Ezh2 expression is required for spheroid formation. (A) Ezh2 knockdown and control cell lines were plated at 40 000 cells per 9.5cm2 dish in non-attachment plates and grown in spheroid medium. After 10 days, the spheroids were photographed. (B) Ezh2 knockdown cells fail to efficiently form spheroids. Cells were plated as above and spheroid number was monitored at 0–10 days. The values are mean ± SEM, n = 3. The asterisks indicate a significant difference between Ezh2-shRNA and control-shRNA cell spheroid formation (P < 0.01). (C) Level of Ezh2 in control and Ezh2 knockdown cells. Control and Ezh2 knockdown cells were grown for 10 days in spheroid-selection medium and total cell extracts were prepared for immunoblot detection of the indicated proteins. Similar results were observed in each of three independent experiments. (D) Treatment with Ezh2 inhibitor reduces spheroid survival. SCC-13 cells were seeded at 40 000 cells in 9.5cm2 non-attachment plates and grown as spheroids for 8 days before addition of the indicated concentration of JQ-EZ-005. After treatment with JQ-EZ-005 for 48h, the extracts were prepared for immunoblot detection of the indicated proteins. (E) The spheroids were photographed after 48h of treatment with JQ-EZ-005. Bars = 125 μm. The arrow indicates spheroids that are fragmenting and panel (F) presents an enlarged image of this spheroid. (G) Spheroid number was determined after treatment with JQ-EZ-005 for 48h as outlined above. The values are mean ± SEM, n = 3 and the asterisks indicate a significant difference, P < 0.005.

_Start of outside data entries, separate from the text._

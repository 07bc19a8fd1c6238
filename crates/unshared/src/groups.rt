// Which group of forms an instruction belongs to, and what it says there.
ghost use Rattle.std.specs.Prelude.{◌≡◌};
ghost use Rattle.cil_meaning.specs.Groups.{group_of};
ghost use Rattle.unshared.specs.Grouped.{the_group};

use crate::library::Swapping;
use crate::numbers::{Checked, Comparison, Conversion, Division, Shift, Unary, Wrapping};
use crate::placing::Slot;
use crate::value::Kind;
use il_model::{FRef, MRef, Op};
use store_object::Form;
use type_tree::TExpr;

/// Values on the stack alone.
#[derive(Clone, Copy)]
pub(crate) enum StackForm {
    Rests,
    Copies,
    Drops,
    PushesInt32(i32),
    PushesInt64(i64),
    PushesNull,
    PushesLiteral(u32),
}

#[derive(Clone, Copy)]
pub(crate) enum PlaceForm {
    Reads(Slot),
    Points(Slot),
    Writes(Slot),
}

/// Arithmetic; of some forms whether numbers have a sign.
#[derive(Clone, Copy)]
pub(crate) enum NumberForm {
    Wraps(Wrapping),
    Checks(Checked, bool),
    Divides(Division, bool),
    Shifts(Shift),
    Turns(Unary),
    Converts(Conversion),
    Compares(Comparison),
}

#[derive(Clone, Copy)]
pub(crate) enum BranchForm<'a> {
    Jumps(u32),
    JumpsWhere(bool, u32),
    JumpsBy(Comparison, u32),
    Chooses(&'a [u32]),
    Leaves(u32),
}

#[derive(Clone, Copy)]
pub(crate) enum CallForm<'a> {
    Calls(&'a MRef),
    CallsSlot(&'a MRef),
    CallsConstrained(&'a TExpr, &'a MRef),
    Creates(&'a MRef),
    Returns,
}

#[derive(Clone, Copy)]
pub(crate) enum MemberForm<'a> {
    ReadsField(&'a FRef),
    WritesField(&'a FRef),
    PointsField(&'a FRef),
    ReadsStatic(&'a FRef),
    WritesStatic(&'a FRef),
    PointsStatic(&'a FRef),
    ReadsAt(&'a TExpr),
    WritesAt(&'a TExpr),
    ClearsAt(&'a TExpr),
}

#[derive(Clone, Copy)]
pub(crate) enum ArrayForm<'a> {
    Allocates(&'a TExpr),
    Measures,
    ReadsElement(&'a TExpr),
    WritesElement(&'a TExpr),
}

#[derive(Clone, Copy)]
pub(crate) enum BoxForm<'a> {
    Boxes(&'a TExpr),
    Unboxes(&'a TExpr),
    Casts(&'a TExpr),
    Tests(&'a TExpr),
}

#[derive(Clone, Copy)]
pub(crate) enum LibraryForm {
    Prints(Form, Kind),
    Swaps(Swapping, Kind),
    Names,
    Starts,
    Joins,
}

#[derive(Clone, Copy)]
pub(crate) enum Group<'a> {
    OnStack(StackForm),
    OnPlaces(PlaceForm),
    OnNumbers(NumberForm),
    OnBranches(BranchForm<'a>),
    OnCalls(CallForm<'a>),
    OnMembers(MemberForm<'a>),
    OnArrays(ArrayForm<'a>),
    OnBoxes(BoxForm<'a>),
    OnThrow,
    OnLibrary(LibraryForm),
    Excluded,
}

/// The group of an instruction. No memory is taken.
pub(crate) fn group_of(op: &Op) -> Group<'_>
    ensures { the_group result ≡ group_of op.now }
{
    match op {
        Op::Nop => Group::OnStack(StackForm::Rests),
        Op::Dup => Group::OnStack(StackForm::Copies),
        Op::Pop => Group::OnStack(StackForm::Drops),
        Op::LdcI4(number) => Group::OnStack(StackForm::PushesInt32(*number)),
        Op::LdcI8(number) => Group::OnStack(StackForm::PushesInt64(*number)),
        Op::Ldnull => Group::OnStack(StackForm::PushesNull),
        Op::Ldstr(number) => Group::OnStack(StackForm::PushesLiteral(*number)),
        Op::Ldarg(number) => Group::OnPlaces(PlaceForm::Reads(Slot::Argument(*number))),
        Op::Ldloc(number) => Group::OnPlaces(PlaceForm::Reads(Slot::Local(*number))),
        Op::Ldarga(number) => Group::OnPlaces(PlaceForm::Points(Slot::Argument(*number))),
        Op::Ldloca(number) => Group::OnPlaces(PlaceForm::Points(Slot::Local(*number))),
        Op::Starg(number) => Group::OnPlaces(PlaceForm::Writes(Slot::Argument(*number))),
        Op::Stloc(number) => Group::OnPlaces(PlaceForm::Writes(Slot::Local(*number))),
        Op::Add => Group::OnNumbers(NumberForm::Wraps(Wrapping::Sum)),
        Op::Sub => Group::OnNumbers(NumberForm::Wraps(Wrapping::Difference)),
        Op::Mul => Group::OnNumbers(NumberForm::Wraps(Wrapping::Product)),
        Op::And => Group::OnNumbers(NumberForm::Wraps(Wrapping::Conjunction)),
        Op::Or => Group::OnNumbers(NumberForm::Wraps(Wrapping::Disjunction)),
        Op::Xor => Group::OnNumbers(NumberForm::Wraps(Wrapping::Exclusive)),
        Op::AddOvf => Group::OnNumbers(NumberForm::Checks(Checked::Sum, true)),
        Op::SubOvf => Group::OnNumbers(NumberForm::Checks(Checked::Difference, true)),
        Op::MulOvf => Group::OnNumbers(NumberForm::Checks(Checked::Product, true)),
        Op::AddOvfUn => Group::OnNumbers(NumberForm::Checks(Checked::Sum, false)),
        Op::SubOvfUn => Group::OnNumbers(NumberForm::Checks(Checked::Difference, false)),
        Op::MulOvfUn => Group::OnNumbers(NumberForm::Checks(Checked::Product, false)),
        Op::Div => Group::OnNumbers(NumberForm::Divides(Division::Quotient, true)),
        Op::Rem => Group::OnNumbers(NumberForm::Divides(Division::Remainder, true)),
        Op::DivUn => Group::OnNumbers(NumberForm::Divides(Division::Quotient, false)),
        Op::RemUn => Group::OnNumbers(NumberForm::Divides(Division::Remainder, false)),
        Op::Shl => Group::OnNumbers(NumberForm::Shifts(Shift::Leftwards)),
        Op::Shr => Group::OnNumbers(NumberForm::Shifts(Shift::Rightwards { is_signed: true })),
        Op::ShrUn => Group::OnNumbers(NumberForm::Shifts(Shift::Rightwards { is_signed: false })),
        Op::Neg => Group::OnNumbers(NumberForm::Turns(Unary::Negative)),
        Op::Not => Group::OnNumbers(NumberForm::Turns(Unary::Complement)),
        Op::ConvI4 => Group::OnNumbers(NumberForm::Converts(Conversion::ToInt32)),
        Op::ConvI8 => Group::OnNumbers(NumberForm::Converts(Conversion::ToInt64)),
        Op::ConvU8 => Group::OnNumbers(NumberForm::Converts(Conversion::ToUnsigned64)),
        Op::ConvOvfI4 => Group::OnNumbers(NumberForm::Converts(Conversion::ToInt32Checked)),
        Op::Ceq => Group::OnNumbers(NumberForm::Compares(Comparison::Equal)),
        Op::Cgt => Group::OnNumbers(NumberForm::Compares(Comparison::Greater { is_signed: true })),
        Op::CgtUn => Group::OnNumbers(NumberForm::Compares(Comparison::Greater {
            is_signed: false,
        })),
        Op::Clt => Group::OnNumbers(NumberForm::Compares(Comparison::Less { is_signed: true })),
        Op::CltUn => Group::OnNumbers(NumberForm::Compares(Comparison::Less { is_signed: false })),
        Op::Br(to) => Group::OnBranches(BranchForm::Jumps(*to)),
        Op::Brtrue(to) => Group::OnBranches(BranchForm::JumpsWhere(true, *to)),
        Op::Brfalse(to) => Group::OnBranches(BranchForm::JumpsWhere(false, *to)),
        Op::Beq(to) => Group::OnBranches(BranchForm::JumpsBy(Comparison::Equal, *to)),
        Op::BneUn(to) => Group::OnBranches(BranchForm::JumpsBy(Comparison::Unequal, *to)),
        Op::Bge(to) => Group::OnBranches(BranchForm::JumpsBy(
            Comparison::GreaterOrEqual { is_signed: true },
            *to,
        )),
        Op::Bgt(to) => Group::OnBranches(BranchForm::JumpsBy(
            Comparison::Greater { is_signed: true },
            *to,
        )),
        Op::Ble(to) => Group::OnBranches(BranchForm::JumpsBy(
            Comparison::LessOrEqual { is_signed: true },
            *to,
        )),
        Op::Blt(to) => Group::OnBranches(BranchForm::JumpsBy(
            Comparison::Less { is_signed: true },
            *to,
        )),
        Op::BgeUn(to) => Group::OnBranches(BranchForm::JumpsBy(
            Comparison::GreaterOrEqual { is_signed: false },
            *to,
        )),
        Op::BgtUn(to) => Group::OnBranches(BranchForm::JumpsBy(
            Comparison::Greater { is_signed: false },
            *to,
        )),
        Op::BleUn(to) => Group::OnBranches(BranchForm::JumpsBy(
            Comparison::LessOrEqual { is_signed: false },
            *to,
        )),
        Op::BltUn(to) => Group::OnBranches(BranchForm::JumpsBy(
            Comparison::Less { is_signed: false },
            *to,
        )),
        Op::Switch(targets) => Group::OnBranches(BranchForm::Chooses(targets.as_slice())),
        Op::Leave(to) => Group::OnBranches(BranchForm::Leaves(*to)),
        Op::Call(named) => Group::OnCalls(CallForm::Calls(named)),
        Op::Callvirt(named) => Group::OnCalls(CallForm::CallsSlot(named)),
        Op::Constrained(kind, named) => Group::OnCalls(CallForm::CallsConstrained(kind, named)),
        Op::Newobj(named) => Group::OnCalls(CallForm::Creates(named)),
        Op::Ret => Group::OnCalls(CallForm::Returns),
        Op::Ldfld(named) => Group::OnMembers(MemberForm::ReadsField(named)),
        Op::Stfld(named) => Group::OnMembers(MemberForm::WritesField(named)),
        Op::Ldflda(named) => Group::OnMembers(MemberForm::PointsField(named)),
        Op::Ldsfld(named) => Group::OnMembers(MemberForm::ReadsStatic(named)),
        Op::Stsfld(named) => Group::OnMembers(MemberForm::WritesStatic(named)),
        Op::Ldsflda(named) => Group::OnMembers(MemberForm::PointsStatic(named)),
        Op::Ldobj(kind) => Group::OnMembers(MemberForm::ReadsAt(kind)),
        Op::Stobj(kind) => Group::OnMembers(MemberForm::WritesAt(kind)),
        Op::Initobj(kind) => Group::OnMembers(MemberForm::ClearsAt(kind)),
        Op::Newarr(kind) => Group::OnArrays(ArrayForm::Allocates(kind)),
        Op::Ldlen => Group::OnArrays(ArrayForm::Measures),
        Op::Ldelem(kind) => Group::OnArrays(ArrayForm::ReadsElement(kind)),
        Op::Stelem(kind) => Group::OnArrays(ArrayForm::WritesElement(kind)),
        Op::Box(kind) => Group::OnBoxes(BoxForm::Boxes(kind)),
        Op::UnboxAny(kind) => Group::OnBoxes(BoxForm::Unboxes(kind)),
        Op::Castclass(kind) => Group::OnBoxes(BoxForm::Casts(kind)),
        Op::Isinst(kind) => Group::OnBoxes(BoxForm::Tests(kind)),
        Op::Throw => Group::OnThrow,
        Op::WriteLineInt32 => Group::OnLibrary(LibraryForm::Prints(Form::Number, Kind::Int32)),
        Op::WriteLineInt64 => Group::OnLibrary(LibraryForm::Prints(Form::Number, Kind::Int64)),
        Op::WriteLineString => Group::OnLibrary(LibraryForm::Prints(Form::String, Kind::Reference)),
        Op::CompareExchangeInt32 => Group::OnLibrary(LibraryForm::Swaps(
            Swapping::Comparing,
            Kind::Int32,
        )),
        Op::CompareExchangeInt64 => Group::OnLibrary(LibraryForm::Swaps(
            Swapping::Comparing,
            Kind::Int64,
        )),
        Op::CompareExchangeObject => Group::OnLibrary(LibraryForm::Swaps(
            Swapping::Comparing,
            Kind::Reference,
        )),
        Op::ExchangeInt32 => Group::OnLibrary(LibraryForm::Swaps(
            Swapping::Exchanging,
            Kind::Int32,
        )),
        Op::ExchangeInt64 => Group::OnLibrary(LibraryForm::Swaps(
            Swapping::Exchanging,
            Kind::Int64,
        )),
        Op::ExchangeObject => Group::OnLibrary(LibraryForm::Swaps(
            Swapping::Exchanging,
            Kind::Reference,
        )),
        Op::AddInt32 => Group::OnLibrary(LibraryForm::Swaps(Swapping::Adding, Kind::Int32)),
        Op::AddInt64 => Group::OnLibrary(LibraryForm::Swaps(Swapping::Adding, Kind::Int64)),
        Op::NameOf(_) => Group::OnLibrary(LibraryForm::Names),
        Op::Start => Group::OnLibrary(LibraryForm::Starts),
        Op::Join => Group::OnLibrary(LibraryForm::Joins),
        Op::Endfinally => Group::Excluded,
        Op::Rethrow => Group::Excluded,
        Op::Ldftn(_) => Group::Excluded,
        Op::Ldvirtftn(_) => Group::Excluded,
    }
}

The PRC2 multiprotein complex contains Ezh2, EED, Suz12 and RbAp46 (30). The major role of this complex is to facilitate Ezh2-dependent trimethylation of histone H3 at lysine 27 (H3K27me3) (28,31). Figure 1C characterizes the impact of Ezh2 knockdown and shows that this is associated with reduced H3K27me3 formation. Since the PRC2 complex acts as a unit, we wondered whether loss of Ezh2 may also alter the level of other PRC2 complex proteins. However, we observe no change in expression of Suz12, suggesting that loss of Ezh2 does not necessarily alter the level of other components.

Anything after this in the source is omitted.